Today, a year ago ...
I still remember how I felt, right from the very moment I woke up from sleep. I was anxious because today, a year ago, you were supposed to move over from TTSH to Assasi Home. Ibu slept overnight the day before to accompany you while adik and I returned home because it was the start of a new schooling year for adik, and she needed someone to attend to her.
I got a call from Ibu that morning. She told me that you asked me to hurry up, or I might miss the bus. What bus were you talking about, Ayah? Was it the bus to Assasi Home? Or was it the bus to you before you slipped into this unconcious state and you want to see me for one last time?
I slipped into my green dress that day. Did you remember the green dress that I bought at BPP with you? I made my way to the hospital in a cab because I fear that you might left me for Assasi Home. But when I arrived, I felt lost.
You looked so weak, so weak that day. I still remember the feeling of tears that began to tickle at the back of my eyes. Your eyes were red that day, you look lethargic, your head hung low all the time. Nurses came in and out and talked to me about cancelling the trip to Assasi Home. One nurse said to me, "Maybe he doesn't want to go to Assasi Home." and smiled before walking off.
Another welfare worker came in. She came up to Ibu and I and told me, "Things is going to turn worse. You need to get ready. Maybe he cannot make it through the day."
I cried. Who wouldn't when one know that the time for the person she love is being predicted that easily? I tried to control my tears, but you know what a cry baby I am. I turned to you, tears still flowing, and you asked, "Why are your eyes red? Are you sick?"

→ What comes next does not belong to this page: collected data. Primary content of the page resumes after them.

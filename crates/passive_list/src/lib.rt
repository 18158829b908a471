//! Read sections, lookups, and the keeper: pserialize(9) over virtual CPUs.
//!
//! A reader's code runs on a `Cpu`, which the thread that runs it owns. It enters a section, finds entries, and exits; in the section
//! no entry that it may have found loses its slot. The writer holds the `Keeper`: it publishes an entry, retires it, and looks at each
//! CPU until all sections that may hold the entry have ended.
//!
//! The crates of passive and local references step with the seats of both, and write the plain data beside them.
#![tactic(auto)]

mod cpu;
mod from_outside;
mod grace;
mod keeper;
mod last_found;
mod links;
mod lookup;
mod memory;
mod notes;
mod place;
mod plain_cpu;
mod publishing;
mod remembering;
mod replacing;
mod retiring;
mod sections;
mod shown;
mod vacating;
mod walks;

pub use cpu::Cpu;
pub use from_outside::find_from_outside;
pub use grace::{glance, look, snapshot};
pub use keeper::{Keeper, KeeperRows, KeptSlot, SlotState, mark_place};
pub use last_found::{is_found_last, is_open_last};
pub use lookup::{Seen, entry_of, find, find_on};
pub use memory::{Hint, Memo, Memory};
pub use notes::{Note, hear, hear_keeper, hear_on, tell, tell_keeper, tell_on};
pub use place::{Found, NumberedCount};
pub use plain_cpu::{CpuRows, PlainCpu};
pub use publishing::{publish, publish_entry};
pub use remembering::{
    find_and_remember, find_anew, find_by_memory, find_inside_on, recall_head_on,
    recall_remembered, recall_remembered_by, recall_word, refind_on, refind_remembered,
    refind_remembered_by, remembered,
};
pub use replacing::{replace, replace_entry, take_place};
pub use retiring::retire;
pub use sections::{enter, enter_on, exit, exit_on, may_begin_on};
pub use vacating::vacate;
pub use walks::{WritesEntry, walk, walk_on};
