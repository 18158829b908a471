//! The end of a drain: the slot of a retired entry is vacant again.

ghost use Rattle.std.specs.Prelude.{◌≡◌, ◌↔◌, ◌<◌, IsTrue, None};
ghost use Rattle.protocol.specs.Common.{kept_at};
ghost use Rattle.cpu_words.specs.Common.{AreWordsOf};
ghost use Rattle.passive_list.specs.Draining.{HasVacated, IsDrainedOn, is_drained_row};

use crate::keeper::{Keeper, KeptSlot, SlotState};
use cpu_words::{Words, steps};
use registry_values::{BIAS, Mark, are_clear, are_collected, have_passed};

impl Keeper {
    /// Whether the entry in `slot` is retired and drained: all CPUs have passed, are clear and collected, and the total counts no local
    /// reference.
    /// Condition: the slot is one of the table's.
    pub fn is_drained(&self, slot: u8) -> bool
        requires { slot < self.now.words.settings.slots }
        ensures { IsTrue result ↔ IsDrainedOn self.now.keeper slot }
    {
        is_drained_row(
            self.settings.cpus,
            &self.rows[slot as usize],
            self.marks_of(slot),
        )
    }
}

/// Makes the slot of a drained entry vacant: the event Vacate, and a load that lets the keeper hear.
/// Condition: the slot is drained (`Keeper::is_drained`), and keeps nothing (`Keeper::keeps`).
pub fn vacate(words: &Words, keeper: &mut Keeper, slot: u8)
    requires words { AreWordsOf words.now keeper.old.words.table keeper.old.words.settings }
    requires drained { IsDrainedOn keeper.old.keeper slot }
    requires keeps { kept_at keeper.old.keeper.view.keeps slot ≡ None }
    ensures change { HasVacated keeper.old.keeper slot keeper.new.keeper }
    ensures words { keeper.new.words ≡ keeper.old.words }
{
    steps::vacate(words, &mut keeper.seat, slot);
    keeper.rows[slot as usize].state = SlotState::Vacant;
}

fn is_drained_row(cpus: u8, row: &KeptSlot, marks: &[Mark]) -> bool
    ensures { result ≡ is_drained_row cpus row.now marks.now }
{
    matches!(row.state, SlotState::Retired(_))
        && have_passed(cpus, marks)
        && are_clear(cpus, marks)
        && are_collected(cpus, marks)
        && row.total_or_bias() == BIAS
}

I replied, "Yes" and wiped off my tears.
I'm sorry, I lied to you. But I don't want to answer you truthfuly because I still hope that you will still hold on, you will still be strong. But why did you ask me whether I was sick, Ayah? Did you already gave up and don't want to hear the truth, hence asking me that question? Did you know beforehand that you're going to leave us? Did you?
Ibu left for home to get rest when Mak Long arrived. The three of us were quiet. You insisted on wanting to stand up even though you're weak. Either one of us had to stand with you to support you. You stood with your eyes close and than we asked you to sit. The last sentence I heard from you was, "Stay here tonight with Ibu, incase something happens. Kesian Ibu..."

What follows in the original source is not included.